# 2005 Kona Stinky



## csteves (Oct 14, 2004)

Hey guys, I'm looking for a quality free-ride bike that isn't going to cost me a fortune and I'm not going to have to work on all the time. I've looked at a bunch of different bikes and I really like the new 2005 Kona Stinky. I think it's a good sturdy bike and has descent components for the price. My friend claims that as soon as I get it I'll want a bigger bike, but I think it's perfect. Can anybody give me some advice about what you've heard or wxperiences you've had with the Kona Stinky? Thanks.


----------



## kelesis (Jun 6, 2004)

Well i've ridden the 2004 (not much diff) And compared to my hardtail i usually ride its totally awesome. I plan on getting one this summer...... after spending all winter saving. Its a really sturdy bike and even tho it does have limits your gonna have to be pretty hard on it to push them too far.

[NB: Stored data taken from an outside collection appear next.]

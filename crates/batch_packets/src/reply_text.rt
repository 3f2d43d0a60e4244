//! Replies that are written straight into the datagrams that they split into.
ghost use Rattle.std.specs.Prelude.{◌≡◌, ◌<◌, ◌≤◌, ◌+◌, ◌⊎◌, ◌∷◌, ◌++◌, [], false, List, length, slice_set, vec_len, vec_capacity, IsTrue, IsOk, IfOk, OnOk, OnErr};
ghost use Rattle.batch_packets.specs.declared.header.TheConstants.{HEADER_LEN, MAX_ITEMS};
ghost use Rattle.batch_packets.specs.declared.replies.Reply.{Reply};
ghost use Rattle.batch_packets.specs.Datagram.{is_version, max_datagram_len, count_at};
ghost use Rattle.batch_packets.specs.ReplyGrammar.{IsReply, reply_text, replies_datagram};
ghost use Rattle.batch_packets.specs.Splitting.{SplitsInto};
ghost use Rattle.batch_packets.specs.Filling.{HasReplies, Adds};

use crate::header::{COUNT_AT, Header, MAX_ITEMS, max_datagram_len, put_header};
use crate::item::Item;
use crate::replies::ReplyRef;
use crate::{Datagram, Status};
use outside::{Bytes, NoMemory};
use std::alloc::Global;
use std::marker::Model;
use std::mem;

/// The bytes of a reply but for its value.
const FIXED_LEN: usize = 16;

/// The replies to one batch, in the datagrams that they split into. Each datagram is a buffer of its own,
/// for which memory is taken once, when it is begun.
#[derive(Drop)]
pub struct ReplyText {
    alloc: Global,
    version: u8,
    number: u32,
    closed: Vec<Datagram>,
    /// The datagram that is being filled. Its count rises with each reply.
    begun: Vec<u8>,
}

impl Model for ReplyText {
    ghost use Rattle.std.specs.Prelude.{◌≤◌, vec_len, vec_capacity, IsTrue};
    ghost use Rattle.batch_packets.specs.declared.header.TheConstants.{HEADER_LEN};
    ghost use Rattle.batch_packets.specs.Datagram.{is_version, max_datagram_len};
    ghost use Rattle.batch_packets.specs.Filling.{Filling};

    ghost Value = { Filling };

    ghost view = { λ t. record { version = t.version; number = t.number; closed = t.closed.items; begun = t.begun.items } };

    ghost invariant = { λ t. IsTrue (is_version t.version) × (HEADER_LEN ≤ vec_len t.begun)
        × (vec_len t.begun ≤ max_datagram_len t.version)
        × (max_datagram_len t.version ≤ vec_capacity t.begun) };
}

/// A datagram with no reply yet, and with room for as many bytes as it may have.
#[tactic(auto, unfolding(crate::specs::ReplyGrammar::replies_datagram))]
fn begin(alloc: Global, version: u8, number: u32) -> Result<Vec<u8>, NoMemory>
    requires { IsTrue (is_version version) }
    ensures text { IfOk result (λ text. text.items ≡ replies_datagram version number []) }
    ensures len { IfOk result (λ text. vec_len text ≡ HEADER_LEN) }
    ensures room { IfOk result (λ text. max_datagram_len version ≤ vec_capacity text) }
{
    let mut text = Vec::with_capacity(alloc, max_datagram_len(version))?;
    let header = Header {
        version,
        count: 0,
        number,
    };
    put_header(&mut text, ReplyRef::magic(), header)?;
    Ok(text)
}

/// Appends the text of a reply, which has room.
#[tactic(auto, unfolding(crate::specs::ReplyGrammar::reply_text))]
fn put_reply(out: &mut Vec<u8>, status: Status, ticket: u32, stamp: u64, value: &[u8])
    requires value { length value.now < 65536 }
    requires room { vec_len out.old + FIXED_LEN + length value.now ≤ vec_capacity out.old }
    ensures text { out.new.items ≡ out.old.items ++ reply_text (record { status = status; ticket = ticket; stamp = stamp; value = value.now }) }
    ensures len { vec_len out.new ≡ vec_len out.old + FIXED_LEN + length value.now }
    ensures room { vec_capacity out.old ≤ vec_capacity out.new }
{
    let [v0, v1] = (value.len() as u16).to_le_bytes();
    let [t0, t1, t2, t3] = ticket.to_le_bytes();
    let [s0, s1, s2, s3, s4, s5, s6, s7] = stamp.to_le_bytes();
    let fixed = [
        status.byte(),
        0,
        v0,
        v1,
        t0,
        t1,
        t2,
        t3,
        s0,
        s1,
        s2,
        s3,
        s4,
        s5,
        s6,
        s7,
    ];
    if out.extend_from_slice(&fixed).is_err() || out.extend_from_slice(value).is_err() {
        unreachable!();
    }
}

impl ReplyText {
    /// The text of no replies, of this version and number.
    pub fn new(alloc: Global, version: u8, number: u32) -> Result<Self, NoMemory>
        requires { IsTrue (is_version version) }
        ensures version { IfOk result (λ text. text.version ≡ version) }
        ensures number { IfOk result (λ text. text.number ≡ number) }
        ensures none { IfOk result (λ text. HasReplies text []) }
    {
        Ok(ReplyText {
            alloc,
            version,
            number,
            closed: Vec::new(alloc),
            begun: begin(alloc, version, number)?,
        })
    }

    /// How many replies are in the datagram that is being filled.
    fn count(&self) -> u8
        ensures { result ≡ count_at self.now.begun }
    {
        self.begun[COUNT_AT]
    }

    /// Whether the datagram that is being filled has room for a reply of this value.
    fn has_room(&self, value: &[u8]) -> bool
        ensures few { count_at self.now.begun ≤ MAX_ITEMS }
        ensures short { length self.now.begun ≤ max_datagram_len self.now.version }
        ensures room { IsTrue result → (count_at self.now.begun < MAX_ITEMS)
            × (length self.now.begun + FIXED_LEN + length value.now ≤ max_datagram_len self.now.version) }
        ensures full { result ≡ false → (count_at self.now.begun ≡ MAX_ITEMS)
            ⊎ (max_datagram_len self.now.version < length self.now.begun + FIXED_LEN + length value.now) }
    {
        let len = self.begun.len() + FIXED_LEN + value.len();
        usize::from(self.count()) < MAX_ITEMS && len <= max_datagram_len(self.version)
    }

    /// Closes the datagram that is being filled, and begins the next one.
    fn close(&mut self) -> Result<(), NoMemory>
        ensures closed { OnOk result (self.new ≡ record self.old {
          closed = self.old.closed ++ self.old.begun ∷ [];
          begun = replies_datagram self.old.version self.old.number [];
        }) }
        ensures err { OnErr result (self.new ≡ self.old) }
    {
        let next = begin(self.alloc, self.version, self.number)?;
        self.closed.reserve(1)?;
        let full = mem::replace(&mut self.begun, next);
        self.closed.push_reserved(Bytes::from(full));
        Ok(())
    }

    /// Adds a reply to the datagram that is being filled, which has room.
    fn put(&mut self, status: Status, ticket: u32, stamp: u64, value: &[u8])
        requires few { count_at self.old.begun < MAX_ITEMS }
        requires short { length self.old.begun + FIXED_LEN + length value.now ≤ max_datagram_len self.old.version }
        ensures { self.new ≡ record self.old {
          begun = slice_set self.old.begun COUNT_AT (count_at self.old.begun + 1)
              ++ reply_text (record { status = status; ticket = ticket; stamp = stamp; value = value.now });
        } }
    {
        self.begun[COUNT_AT] += 1;
        put_reply(&mut self.begun, status, ticket, stamp, value);
    }

    /// Adds a reply, where it does not fit as the first one of the next datagram.
    pub fn add(
        &mut self,
        status: Status,
        ticket: u32,
        stamp: u64,
        value: &[u8],
    ) -> Result<(), NoMemory>
        requires { IsReply self.old.version (record { status = status; ticket = ticket; stamp = stamp; value = value.now }) }
        ensures added { OnOk result (Adds self.old (record { status = status; ticket = ticket; stamp = stamp; value = value.now } ∷ []) self.new) }
        ensures err { OnErr result (self.new ≡ self.old) }
    {
        if !self.has_room(value) {
            self.close()?;
        }
        self.put(status, ticket, stamp, value);
        Ok(())
    }

    /// The datagrams that the replies split into.
    pub fn finish(self) -> Result<Vec<Datagram>, NoMemory>
        ensures { IfOk result (λ datagrams. (replies : List Reply) → HasReplies self replies
            → SplitsInto self.version self.number replies datagrams.items) }
    {
        let count = self.count();
        let ReplyText {
            mut closed,
            begun,
            ..
        } = self;
        if count > 0 {
            closed.push(Bytes::from(begun))?;
        }
        Ok(closed)
    }
}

i say go for it and you'll love it. Just my ideas


----------



## drumbum (Oct 8, 2004)

How is it weight wise?


----------



## csteves (Oct 14, 2004)

drumbum said:


> How is it weight wise?


I think it's about 30 pounds... It seems like I read something somwehere saying "30.9" and that it's considerably lighter than the '04


----------



## Jingleman (Sep 15, 2004)

*Stinky 2004*

I have bought a 2004 Stinky in special offer..here in Italy..I already had a SantaCruz Heckler..After a while I needed some money an I had to decide which one of the two bikes I could sell...I was wondering if I could build something like "a best of both worlds"...and I think that now I will sell the Heckler...My Stinky is really really heavy..for a bike with 150 mm of travel on both wheels... but it is sure a well designed bike.Now I have put the rims that were on the Heckler (a pair of Mavic f219..quite sturdy indeeed)..in place of the Sun rims and the tires that were really heavy too.I swappwed also the handlebar and the stem.Now my Stinky weights something around 35 pounds.Originally was around 40 lbs.Today I went to the woods and I was really happy..the bike now feels a lot lighter..The change form 2,6 tires to 2,3 ..has done a very big improvement in manouvrability.All in all now it feels like a very tough trail bike on steroids.What I will change soon..when I got the money is the Drop Off Triple fork..I know that is a budget fork..but the damping is very poor..and the rebound is too slow..and you cant change it..You could try changing the oil..but who knows.I saw th 2005Stinky at the Milan expo..here in Italy..The bike is really well made..and the pholosopy is the same..as for 2004..Good quality budget parts for a really tough and heavy bike:The travel has raised from 6" to 7" on both wheels..So the weight will be also increased a bit..My advise is to buy this awesome bike and change the fork...It is a 170 mm Drop Off...This bike deserves something better..I will buy ..I hope..the Sherman Manitou Firefliy Plus..it is 150 mm for a weight of 5 lbs..very good..It has also a 20 axle.Mine has a Qr..Hopefully the 2005..at least has the 20 mm axle on the Drop Off..Ahh..the new Stinky has also the new 2005 Fox DHX 3,0 shock...It should be a qualit shock.....My advise is to buy it..You wont regret it...but keep in mind it is not light.Bye


----------



## TheSherpa (Jan 15, 2004)

csteves said:


> I think it's about 30 pounds... It seems like I read something somwehere saying "30.9" and that it's considerably lighter than the '04


No it's going to be atleast 40 lbs if not 42-43lbs.

-TS


----------



## kelesis (Jun 6, 2004)

what sherpa says thats about its STOCK weight


----------